Alarm Signs For Premenstrual Syndrome
Premenstrual syndrome (PMS) manifests itself in a variety of ways; including mood changes, tender breasts, food cravings, exhaustion, irritability, and hopelessness. It is estimated that as many as three in four women have had some form of premenstrual syndrome.
Symptoms tend to repeat themselves in a predictable pattern. However, the physical and emotional changes associated with premenstrual syndrome can range from barely noticeable to intense.
PMS Signs and Symptoms
While PMS symptoms are often mild or moderate and have little impact on daily life, they can be severe enough to interfere with your daily activities and overall well-being.
If you have PMS, you will have symptoms before each menstrual period. You may only experience some of the symptoms listed below, or you may experience several, but PMS usually involves at least a few different symptoms.
PMS-related mood, emotion, and behavior changes may include:
- Anxiety, restlessness, or a nervous feeling - Anxiety is a natural response to stress in an organism. This is the fear of what will occur.
- Unusual rage and irritability - Irritability is a state of being agitated. However, some people consider "agitation" to be a more severe form of irritability.
- Whatever term you use, when you're irritable, you're more likely to become frustrated or upset quickly.

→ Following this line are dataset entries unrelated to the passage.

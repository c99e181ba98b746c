// Laws of the definitions in `specs/`. Each function does nothing; its contract is the law.
ghost use Rattle.p9_tree.specs.Same.{BindKeepsSame, LoopsKeepSame, SameCallsEndSame, TestedLoopsKeepSame};
ghost use Rattle.p9_tree.specs.Means.{RunsMeanSame};
ghost use Rattle.p9_tree.specs.Examples.{ContentsOfTrees, RunsOfTrees, SizesOfTrees};

/// Plays that mean the same do so one after the other.
#[tactic(auto, using(crate::proofs::Same::bind_keeps_same))]
pub fn bind_keeps_same()
    ensures { BindKeepsSame }
{}

/// Loops whose parts mean the same mean the same in as many turns.
#[tactic(auto, using(crate::proofs::Same::loops_keep_same))]
pub fn loops_keep_same()
    ensures { LoopsKeepSame }
{}

/// So do those that test before their first turn.
#[tactic(auto, using(crate::proofs::Same::tested_loops_keep_same))]
pub fn tested_loops_keep_same()
    ensures { TestedLoopsKeepSame }
{}

/// Where the bodies of functions mean the same, calls end the same: with the same value and state,
/// the same turns left and the same bytes copied, or over with the same outcome.
#[tactic(auto, using(crate::proofs::Same::same_calls_end_same))]
pub fn same_calls_end_same()
    ensures { SameCallsEndSame }
{}

/// A run by typed modules that mean what the modules mean has the outcome of the run of the
/// modules, where that is neither undefined nor too deep.
#[tactic(auto, using(crate::proofs::Runs::runs_mean_same))]
pub fn runs_mean_same()
    ensures { RunsMeanSame }
{}

/// What small programs come to by their typed trees: the same as by their sources, which the meaning's
/// examples tell.
#[tactic(auto, using(crate::proofs::Examples::runs_of_trees))]
pub fn runs_of_trees()
    ensures { RunsOfTrees }
{}

/// How many nodes the functions of these programs count, what they are charged, and how many registers
/// trees want.
#[tactic(auto, using(crate::proofs::Examples::sizes_of_trees))]
pub fn sizes_of_trees()
    ensures { SizesOfTrees }
{}

/// What entries of initialisers write, or the first of them that breaks a rule.
#[tactic(auto, using(crate::proofs::Examples::contents_of_trees))]
pub fn contents_of_trees()
    ensures { ContentsOfTrees }
{}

It is possible that you will experience it in response to stressful situations. It could also be a sign of a mental or physical health problem.
- Changes in appetite, including increased food cravings, particularly for sweets - Your hormones may not be the only reason you want to eat everything in your pantry before Flo arrives. Eating all of the foods can also help you deal with the emotions that come with the premenstrual stage of your cycle.

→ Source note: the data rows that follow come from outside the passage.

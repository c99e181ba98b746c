//! Typed trees: what `elaborate` makes of a module. Every conversion, width and pointer offset is
//! explicit in them. Their meaning stands in `specs/`.
#![tactic(auto)]

mod laws;
mod module;
mod tree;

pub use laws::{
    bind_keeps_same, contents_of_trees, loops_keep_same, runs_mean_same, runs_of_trees,
    same_calls_end_same, sizes_of_trees, tested_loops_keep_same,
};
pub use module::{State, TEntry, TFunction, TInit, TModule, TSym};
pub use tree::{BinOp, TArm, TStmt, TTree, UnOp, Width};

- When you eat starchy foods and sweets, your body produces serotonin. Serotonin is a chemical substance that promotes wellness sensations. A boost in good feelings is always welcome, but it's especially welcome when your messed-up hormones have you feeling all PMS-y.
With PMS, you will probably also notice certain physical symptoms, like:
- Menstruation occurs once a month when the womb loses its mucous membrane. It is normal to experience some pain, cramping, and discomfort during menstruation. Excessive pain that prevents you from working or attending school is not. Dysmenorrhea is an alternative term for painful periods.

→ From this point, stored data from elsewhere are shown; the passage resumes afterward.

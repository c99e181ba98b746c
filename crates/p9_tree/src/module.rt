use crate::{TStmt, TTree};
use p9_base::Name;
use p9_lang::{CType, Tags};
use sqlite_items::Items;

/// A function. `autos` has the sizes of its automatics, of which the first `params` are the
/// parameters; `nodes` counts the nodes of its item, calls twice.
#[derive(Drop)]
pub struct TFunction {
    pub symbol: u32,
    pub autos: Items<u32>,
    pub params: u32,
    pub body: TStmt,
    pub nodes: u32,
}

/// An entry of an initialiser: a scalar or a text at an offset. `inside` is false where it lies
/// outside its object; then `node` is that of the entry or text that does.
#[derive(Drop)]
pub struct TEntry {
    pub offset: u32,
    pub ty: CType,
    pub node: u32,
    pub inside: bool,
    pub value: TTree,
}

/// The initialiser of a symbol.
#[derive(Drop)]
pub struct TInit {
    pub symbol: u32,
    pub entries: Items<TEntry>,
}

/// What a module does with a name.
#[derive(Clone, Copy, PartialEq, Eq, Debug, Drop)]
pub enum State {
    Declared,
    Used,
    Defined,
    Common,
}

#[derive(Drop)]
pub struct TSym {
    pub name: Name,
    pub local: bool,
    pub ty: CType,
    pub state: State,
}

/// A module: its symbols, its structures, its functions, and the initialisers of its symbols in
/// the rising order of these.
#[derive(Drop)]
pub struct TModule {
    pub symbols: Items<TSym>,
    pub tags: Tags,
    pub functions: Items<TFunction>,
    pub inits: Items<TInit>,
}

- Diarrhoea is common before and during your period, and it's not always pleasant. Your gastrointestinal (GI) tract can be affected by the same hormonal changes that cause your uterus to contract and shed its lining.
- Headache - headaches associated with menstruation may be caused by changes in progesterone and estrogen levels in your body. These hormonal changes can affect serotonin and other neurotransmitters in your brain, causing headaches.